[Collected data entries]
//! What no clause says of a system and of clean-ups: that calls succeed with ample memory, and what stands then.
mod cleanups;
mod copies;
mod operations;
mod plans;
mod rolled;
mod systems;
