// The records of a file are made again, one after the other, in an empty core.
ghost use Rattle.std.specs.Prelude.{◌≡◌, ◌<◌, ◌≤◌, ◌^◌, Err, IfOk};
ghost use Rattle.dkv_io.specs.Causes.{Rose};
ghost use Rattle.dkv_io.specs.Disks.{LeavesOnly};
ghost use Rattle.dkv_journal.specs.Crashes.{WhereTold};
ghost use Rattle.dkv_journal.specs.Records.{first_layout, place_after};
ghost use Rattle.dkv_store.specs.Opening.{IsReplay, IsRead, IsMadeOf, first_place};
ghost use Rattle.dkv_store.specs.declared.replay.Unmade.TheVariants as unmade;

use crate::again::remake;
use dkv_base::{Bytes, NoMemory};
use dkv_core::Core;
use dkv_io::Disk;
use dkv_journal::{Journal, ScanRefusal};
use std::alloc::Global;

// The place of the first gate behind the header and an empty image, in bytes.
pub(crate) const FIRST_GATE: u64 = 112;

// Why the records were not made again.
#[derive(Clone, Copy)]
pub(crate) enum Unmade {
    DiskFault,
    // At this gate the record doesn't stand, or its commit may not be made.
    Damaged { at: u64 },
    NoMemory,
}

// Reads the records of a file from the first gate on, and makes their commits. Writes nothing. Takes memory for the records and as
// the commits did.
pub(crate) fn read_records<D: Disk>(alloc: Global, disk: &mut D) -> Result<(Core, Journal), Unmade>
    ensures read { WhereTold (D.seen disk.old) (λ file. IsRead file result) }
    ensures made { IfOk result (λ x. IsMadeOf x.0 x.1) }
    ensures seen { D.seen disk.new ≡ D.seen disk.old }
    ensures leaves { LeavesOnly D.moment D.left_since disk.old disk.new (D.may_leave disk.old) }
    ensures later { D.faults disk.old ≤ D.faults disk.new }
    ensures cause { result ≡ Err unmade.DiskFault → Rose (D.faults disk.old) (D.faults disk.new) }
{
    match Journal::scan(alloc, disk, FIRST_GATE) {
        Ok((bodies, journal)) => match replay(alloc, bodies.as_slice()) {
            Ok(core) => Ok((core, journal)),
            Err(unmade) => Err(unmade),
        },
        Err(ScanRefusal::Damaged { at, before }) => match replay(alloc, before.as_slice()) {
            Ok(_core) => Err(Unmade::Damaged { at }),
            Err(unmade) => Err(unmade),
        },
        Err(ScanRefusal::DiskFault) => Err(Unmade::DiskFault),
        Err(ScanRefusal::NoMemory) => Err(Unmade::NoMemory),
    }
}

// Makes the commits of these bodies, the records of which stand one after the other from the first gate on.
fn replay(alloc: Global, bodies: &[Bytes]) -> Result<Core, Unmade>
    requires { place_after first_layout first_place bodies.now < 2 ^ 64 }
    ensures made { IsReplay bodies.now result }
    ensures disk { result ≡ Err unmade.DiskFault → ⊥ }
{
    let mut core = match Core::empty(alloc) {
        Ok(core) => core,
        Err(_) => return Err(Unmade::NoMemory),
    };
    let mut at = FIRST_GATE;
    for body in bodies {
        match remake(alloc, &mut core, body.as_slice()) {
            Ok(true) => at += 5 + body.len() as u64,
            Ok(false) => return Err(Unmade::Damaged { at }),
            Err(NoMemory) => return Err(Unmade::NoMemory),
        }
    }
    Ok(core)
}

...

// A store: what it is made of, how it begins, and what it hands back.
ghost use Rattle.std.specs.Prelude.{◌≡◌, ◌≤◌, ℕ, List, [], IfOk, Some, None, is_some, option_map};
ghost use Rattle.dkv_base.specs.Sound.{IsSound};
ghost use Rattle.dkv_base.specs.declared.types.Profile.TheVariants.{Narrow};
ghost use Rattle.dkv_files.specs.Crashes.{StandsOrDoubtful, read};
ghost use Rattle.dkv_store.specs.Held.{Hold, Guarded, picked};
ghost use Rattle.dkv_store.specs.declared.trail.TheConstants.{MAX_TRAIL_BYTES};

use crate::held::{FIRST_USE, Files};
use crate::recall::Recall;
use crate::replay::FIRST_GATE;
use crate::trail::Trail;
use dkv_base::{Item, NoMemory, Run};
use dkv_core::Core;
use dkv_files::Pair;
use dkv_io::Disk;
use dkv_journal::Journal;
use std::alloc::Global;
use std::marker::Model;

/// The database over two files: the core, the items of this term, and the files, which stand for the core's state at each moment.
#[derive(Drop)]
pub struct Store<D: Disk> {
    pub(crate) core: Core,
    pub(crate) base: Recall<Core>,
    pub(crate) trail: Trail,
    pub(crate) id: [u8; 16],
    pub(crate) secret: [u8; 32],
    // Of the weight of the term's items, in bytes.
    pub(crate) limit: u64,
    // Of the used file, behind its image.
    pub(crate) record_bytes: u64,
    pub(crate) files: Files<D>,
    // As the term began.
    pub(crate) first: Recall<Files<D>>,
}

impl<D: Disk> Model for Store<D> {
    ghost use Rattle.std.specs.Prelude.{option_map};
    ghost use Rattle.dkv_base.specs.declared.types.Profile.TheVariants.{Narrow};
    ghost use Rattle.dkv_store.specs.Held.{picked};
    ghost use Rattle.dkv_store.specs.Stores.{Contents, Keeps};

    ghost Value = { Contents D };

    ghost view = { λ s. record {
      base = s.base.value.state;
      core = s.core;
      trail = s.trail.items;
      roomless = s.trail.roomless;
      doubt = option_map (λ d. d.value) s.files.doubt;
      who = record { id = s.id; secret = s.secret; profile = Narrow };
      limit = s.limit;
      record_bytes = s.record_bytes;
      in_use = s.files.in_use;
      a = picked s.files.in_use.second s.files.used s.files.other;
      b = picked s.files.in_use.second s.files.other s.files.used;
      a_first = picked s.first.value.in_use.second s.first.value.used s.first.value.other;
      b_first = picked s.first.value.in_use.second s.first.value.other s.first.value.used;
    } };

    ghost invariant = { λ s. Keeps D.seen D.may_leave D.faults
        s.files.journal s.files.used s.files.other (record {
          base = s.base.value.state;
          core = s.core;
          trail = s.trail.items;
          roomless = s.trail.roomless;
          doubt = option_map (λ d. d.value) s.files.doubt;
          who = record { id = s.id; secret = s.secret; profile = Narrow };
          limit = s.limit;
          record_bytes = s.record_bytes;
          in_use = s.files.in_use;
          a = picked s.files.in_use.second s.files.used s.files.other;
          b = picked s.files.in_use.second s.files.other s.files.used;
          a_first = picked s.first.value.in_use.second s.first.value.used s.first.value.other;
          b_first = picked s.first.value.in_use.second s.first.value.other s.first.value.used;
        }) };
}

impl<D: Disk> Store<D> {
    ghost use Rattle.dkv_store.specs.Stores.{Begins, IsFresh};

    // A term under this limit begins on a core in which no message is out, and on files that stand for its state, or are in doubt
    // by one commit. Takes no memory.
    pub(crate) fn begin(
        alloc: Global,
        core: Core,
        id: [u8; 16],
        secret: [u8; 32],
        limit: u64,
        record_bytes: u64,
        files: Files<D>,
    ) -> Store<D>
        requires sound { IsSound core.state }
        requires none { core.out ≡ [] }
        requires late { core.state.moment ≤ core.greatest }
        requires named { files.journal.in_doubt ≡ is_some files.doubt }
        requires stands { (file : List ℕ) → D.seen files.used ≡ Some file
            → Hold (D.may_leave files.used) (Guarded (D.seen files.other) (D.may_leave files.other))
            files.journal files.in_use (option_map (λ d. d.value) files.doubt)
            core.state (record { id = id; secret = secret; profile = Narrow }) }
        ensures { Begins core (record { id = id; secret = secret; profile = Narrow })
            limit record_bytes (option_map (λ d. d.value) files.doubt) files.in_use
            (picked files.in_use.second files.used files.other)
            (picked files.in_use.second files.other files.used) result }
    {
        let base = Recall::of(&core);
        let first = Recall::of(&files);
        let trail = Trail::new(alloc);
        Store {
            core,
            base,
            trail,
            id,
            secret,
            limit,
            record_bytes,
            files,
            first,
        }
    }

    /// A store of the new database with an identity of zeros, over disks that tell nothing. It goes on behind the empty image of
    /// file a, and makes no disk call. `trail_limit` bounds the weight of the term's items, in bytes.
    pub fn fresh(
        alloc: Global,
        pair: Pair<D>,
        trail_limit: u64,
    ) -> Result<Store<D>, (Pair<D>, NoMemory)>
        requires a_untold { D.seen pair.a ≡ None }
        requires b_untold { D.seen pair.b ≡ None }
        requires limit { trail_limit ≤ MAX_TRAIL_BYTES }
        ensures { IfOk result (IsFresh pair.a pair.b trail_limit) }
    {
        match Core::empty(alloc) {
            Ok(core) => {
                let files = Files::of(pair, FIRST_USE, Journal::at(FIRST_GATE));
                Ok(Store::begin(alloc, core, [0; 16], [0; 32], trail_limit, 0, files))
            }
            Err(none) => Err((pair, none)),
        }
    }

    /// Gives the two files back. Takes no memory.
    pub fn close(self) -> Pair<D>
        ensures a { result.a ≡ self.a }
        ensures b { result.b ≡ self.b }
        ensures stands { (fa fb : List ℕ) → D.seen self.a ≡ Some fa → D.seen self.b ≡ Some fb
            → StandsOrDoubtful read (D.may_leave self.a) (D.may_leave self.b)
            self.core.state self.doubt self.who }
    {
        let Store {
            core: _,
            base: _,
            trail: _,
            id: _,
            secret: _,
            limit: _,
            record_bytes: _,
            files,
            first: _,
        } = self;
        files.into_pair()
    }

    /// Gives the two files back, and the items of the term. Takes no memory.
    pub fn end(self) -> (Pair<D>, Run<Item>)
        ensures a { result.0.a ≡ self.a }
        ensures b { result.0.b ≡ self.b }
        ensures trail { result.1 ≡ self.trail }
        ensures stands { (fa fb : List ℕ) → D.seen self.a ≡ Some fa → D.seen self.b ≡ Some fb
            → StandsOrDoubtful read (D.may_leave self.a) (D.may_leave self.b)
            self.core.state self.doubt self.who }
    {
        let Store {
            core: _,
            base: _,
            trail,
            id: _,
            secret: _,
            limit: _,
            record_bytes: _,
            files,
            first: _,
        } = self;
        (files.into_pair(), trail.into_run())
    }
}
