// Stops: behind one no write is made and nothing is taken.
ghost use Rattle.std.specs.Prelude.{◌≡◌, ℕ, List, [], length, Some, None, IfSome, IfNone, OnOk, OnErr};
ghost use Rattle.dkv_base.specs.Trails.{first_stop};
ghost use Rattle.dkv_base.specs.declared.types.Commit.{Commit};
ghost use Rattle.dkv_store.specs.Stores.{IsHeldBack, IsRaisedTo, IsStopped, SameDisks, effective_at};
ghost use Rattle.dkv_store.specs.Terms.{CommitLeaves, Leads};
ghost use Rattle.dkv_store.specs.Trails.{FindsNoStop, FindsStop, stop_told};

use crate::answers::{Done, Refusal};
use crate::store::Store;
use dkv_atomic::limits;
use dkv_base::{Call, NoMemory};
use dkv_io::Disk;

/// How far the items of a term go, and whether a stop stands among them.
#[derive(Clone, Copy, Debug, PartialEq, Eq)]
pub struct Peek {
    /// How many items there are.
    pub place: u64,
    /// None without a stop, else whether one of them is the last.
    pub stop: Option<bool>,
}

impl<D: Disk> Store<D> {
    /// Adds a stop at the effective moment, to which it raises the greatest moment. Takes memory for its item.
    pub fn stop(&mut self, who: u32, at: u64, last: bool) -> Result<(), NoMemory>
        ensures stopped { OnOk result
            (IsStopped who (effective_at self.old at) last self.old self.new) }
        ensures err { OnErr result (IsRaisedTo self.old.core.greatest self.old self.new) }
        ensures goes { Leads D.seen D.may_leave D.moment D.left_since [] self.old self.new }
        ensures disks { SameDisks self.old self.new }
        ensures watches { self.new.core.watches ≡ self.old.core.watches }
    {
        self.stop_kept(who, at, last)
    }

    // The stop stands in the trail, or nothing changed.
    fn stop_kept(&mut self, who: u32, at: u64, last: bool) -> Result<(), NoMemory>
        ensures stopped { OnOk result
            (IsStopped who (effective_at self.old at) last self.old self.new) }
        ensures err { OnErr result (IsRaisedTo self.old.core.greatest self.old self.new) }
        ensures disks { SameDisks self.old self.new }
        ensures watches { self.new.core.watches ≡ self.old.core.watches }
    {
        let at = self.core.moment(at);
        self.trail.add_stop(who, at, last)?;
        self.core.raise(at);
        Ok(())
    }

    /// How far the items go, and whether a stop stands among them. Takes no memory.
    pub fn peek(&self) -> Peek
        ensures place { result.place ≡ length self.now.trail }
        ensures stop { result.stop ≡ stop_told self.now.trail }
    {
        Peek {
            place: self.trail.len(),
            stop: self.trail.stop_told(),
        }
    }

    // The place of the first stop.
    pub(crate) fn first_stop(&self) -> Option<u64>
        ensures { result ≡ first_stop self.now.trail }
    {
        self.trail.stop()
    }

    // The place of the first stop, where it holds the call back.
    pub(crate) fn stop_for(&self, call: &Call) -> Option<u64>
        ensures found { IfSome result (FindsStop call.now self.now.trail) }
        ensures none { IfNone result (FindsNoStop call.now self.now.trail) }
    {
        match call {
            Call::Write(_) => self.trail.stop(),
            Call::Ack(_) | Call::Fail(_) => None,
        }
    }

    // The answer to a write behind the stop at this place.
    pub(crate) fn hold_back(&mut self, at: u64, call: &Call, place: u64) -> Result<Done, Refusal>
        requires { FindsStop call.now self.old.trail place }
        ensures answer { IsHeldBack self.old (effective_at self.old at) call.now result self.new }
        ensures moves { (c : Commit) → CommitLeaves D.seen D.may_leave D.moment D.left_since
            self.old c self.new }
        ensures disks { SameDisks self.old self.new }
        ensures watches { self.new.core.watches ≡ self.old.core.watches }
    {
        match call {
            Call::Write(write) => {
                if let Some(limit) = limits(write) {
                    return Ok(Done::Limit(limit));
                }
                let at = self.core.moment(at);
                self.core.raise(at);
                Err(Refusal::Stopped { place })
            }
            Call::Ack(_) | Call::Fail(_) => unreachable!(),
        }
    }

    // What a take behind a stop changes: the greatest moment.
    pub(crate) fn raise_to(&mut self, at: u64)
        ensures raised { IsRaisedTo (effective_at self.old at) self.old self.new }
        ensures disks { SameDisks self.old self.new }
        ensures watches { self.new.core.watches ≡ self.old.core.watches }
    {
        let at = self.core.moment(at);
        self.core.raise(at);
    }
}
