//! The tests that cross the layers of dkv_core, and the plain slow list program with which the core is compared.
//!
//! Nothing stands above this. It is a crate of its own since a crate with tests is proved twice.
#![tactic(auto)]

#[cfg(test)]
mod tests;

REQUIRED WORK:
Looking at the data above, write out exactly the lines that start at the one containing "result ≡ first_stop" and end at the one containing "at this place."; include both and nothing beyond.

RESPONSE BOX:
        ensures { result ≡ first_stop self.now.trail }
    {
        self.trail.stop()
    }

    // The place of the first stop, where it holds the call back.
    pub(crate) fn stop_for(&self, call: &Call) -> Option<u64>
        ensures found { IfSome result (FindsStop call.now self.now.trail) }
        ensures none { IfNone result (FindsNoStop call.now self.now.trail) }
    {
        match call {
            Call::Write(_) => self.trail.stop(),
            Call::Ack(_) | Call::Fail(_) => None,
        }
    }

    // The answer to a write behind the stop at this place.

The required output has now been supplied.